[Records provided Boundary: Start]
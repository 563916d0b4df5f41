//! Runs of the program at the limits of its words, its files and its blocks.
use crate::calls::{Run, check_run};
use std::alloc::{AllocError, Global};
use std::test::Fail;

/// The host of an advertiser that answers scanners: its parameters, of type 2, and then on.
const ADVERTISE: &[u8] =
    b"\x01\x06\x20\x0f\x20\x00\x20\x00\x02\x00\x00\x00\x00\x00\x00\x00\x00\x07\x00\
    \x01\x0a\x20\x01\x01";

/// The host of an active scanner: an event mask with the LE events, the parameters, and then on.
const SCAN: &[u8] = b"\x01\x01\x0c\x08\xff\xff\xff\xff\xff\x1f\x00\x20\
    \x01\x0b\x20\x07\x01\x10\x00\x10\x00\x00\x00\x01\x0c\x20\x02\x01\x00";

/// A run of both in one turn, with this turn line.
const fn scanned(turns: &str) -> Run<'_> {
    Run {
        name: "a",
        a: ADVERTISE,
        b: SCAN,
        turns,
    }
}

/// A run in which no host says anything.
const fn idle<'a>(name: &'a str, turns: &'a str) -> Run<'a> {
    Run {
        name,
        a: b"",
        b: b"",
        turns,
    }
}

/// The lines of the turn up to the SCAN_REQ, its second packet.
const FIRST: &str = "in a 0106200f200020000200000000000000000700010a200101
up a 040e0401062000
up a 040e04010a2000
in b 01010c08ffffffffff1f0020010b200701100010000000010c20020100
up b 040e0401010c00
up b 040e04010b2000
up b 040e04010c2000
air a 37 d6be898e8bd45da13d499970822a9e . good
up b 043e0c020102000a0000eeffc0007f
";

/// The line of the SCAN_REQ.
const SECOND: &str = "air b 37 d6be898e8ede5ca13d4999707f3111a669b7b7c9d4 . good\n";

#[test]
fn unseen_damage_of_the_second_packet(rt: HostRuntime) -> Result<(), Fail> {
    let alloc = rt.alloc();
    let journal = format!(in alloc; "turn 0 ++\n{FIRST}")?;
    let line = "unseen damage: turn 0 packet 2 sent d6be898e8ede5ca13d4999707f3111a669b7b7c9d4 \
        heard d6be898e8ede5ca13d499971bf8510a669b7b7c9d4\n";
    let run = scanned("t ++ a24 b29 . e11:01c0b401\n");
    check_run(&rt, alloc, run, (6, journal.as_str(), line))?;
    Ok(())
}

#[test]
fn unseen_damage_of_the_third_packet(rt: HostRuntime) -> Result<(), Fail> {
    let alloc = rt.alloc();
    let journal = format!(in alloc; "turn 0 ++\n{FIRST}{SECOND}")?;
    let line = "unseen damage: turn 0 packet 3 sent d6be898e89d45da13d499970bf1abc \
        heard d6be898e89d45da13d4999717faebd\n";
    let run = scanned("t ++ a24 b29 . . e11:01c0b401\n");
    check_run(&rt, alloc, run, (6, journal.as_str(), line))?;
    Ok(())
}

/// The journal of this number of turns in which nothing happens.
fn idle_journal(alloc: Global, turns: u32) -> Result<String, AllocError> {
    let mut journal = String::new(alloc);
    for turn in 0..turns {
        journal.push_str(format!(in alloc; "turn {turn} ++\n")?.as_str())?;
    }
    Ok(journal)
}

#[test]
fn unseen_damage_after_65_536_turns(rt: HostRuntime) -> Result<(), Fail> {
    let alloc = rt.alloc();
    let idle_turns = idle_journal(alloc, 65_536)?;
    let idle_turns = idle_turns.as_str();
    let journal = format!(in alloc; "{idle_turns}turn 65536 ++\n{FIRST}")?;
    let line = "unseen damage: turn 65536 packet 2 \
        sent d6be898e8ede5ca13d4999707f3111a669b7b7c9d4 \
        heard d6be898e8ede5ca13d499971bf8510a669b7b7c9d4\n";
    let run = scanned("run 65536\nt ++ a24 b29 . e11:01c0b401\n");
    check_run(&rt, alloc, run, (6, journal.as_str(), line))?;
    Ok(())
}

/// A journal is written in blocks. These have a full block, and one entry less and more.
#[test]
fn journals_of_a_block(rt: HostRuntime) -> Result<(), Fail> {
    let alloc = rt.alloc();
    for turns in [255, 256, 257] {
        let journal = idle_journal(alloc, turns)?;
        let schedule = format!(in alloc; "run {turns}\n")?;
        let run = idle("a", schedule.as_str());
        check_run(&rt, alloc, run, (0, journal.as_str(), ""))?;
    }
    Ok(())
}

/// A text of this many letters.
fn letters(alloc: Global, count: u32) -> Result<String, AllocError> {
    let mut text = String::new(alloc);
    for _ in 0..count {
        text.push('a')?;
    }
    Ok(text)
}

#[test]
fn a_file_name_of_200_octets(rt: HostRuntime) -> Result<(), Fail> {
    let alloc = rt.alloc();
    let name = letters(alloc, 200)?;
    let run = Run {
        a: b"\x01\x03\x0c\x00",
        ..idle(name.as_str(), "t ++ a4\n")
    };
    let journal = "turn 0 ++\nin a 01030c00\nup a 040e0401030c00\n";
    check_run(&rt, alloc, run, (0, journal, ""))?;
    Ok(())
}

/// A turn line with the longest counts and three patterns of 264 octets. Nothing is sent, so they do
/// nothing.
#[test]
fn the_longest_words_of_a_turn_line(rt: HostRuntime) -> Result<(), Fail> {
    let alloc = rt.alloc();
    let digits = letters(alloc, 528)?;
    let digits = digits.as_str();
    let fates = format!(in alloc; "e263:{digits} e263:{digits} e263:{digits}")?;
    let turns = format!(in alloc; "t ++ a1048576 b1048576 {fates}\n")?;
    check_run(
        &rt,
        alloc,
        idle("a", turns.as_str()),
        (0, "turn 0 ++\n", ""),
    )?;
    Ok(())
}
[Records provided Boundary: End]
This task calls for each line of the material that contains "FIRST".

const FIRST: &str = "in a 0106200f200020000200000000000000000700010a200101
    let journal = format!(in alloc; "turn 0 ++\n{FIRST}")?;
    let journal = format!(in alloc; "turn 0 ++\n{FIRST}{SECOND}")?;
    let journal = format!(in alloc; "{idle_turns}turn 65536 ++\n{FIRST}")?;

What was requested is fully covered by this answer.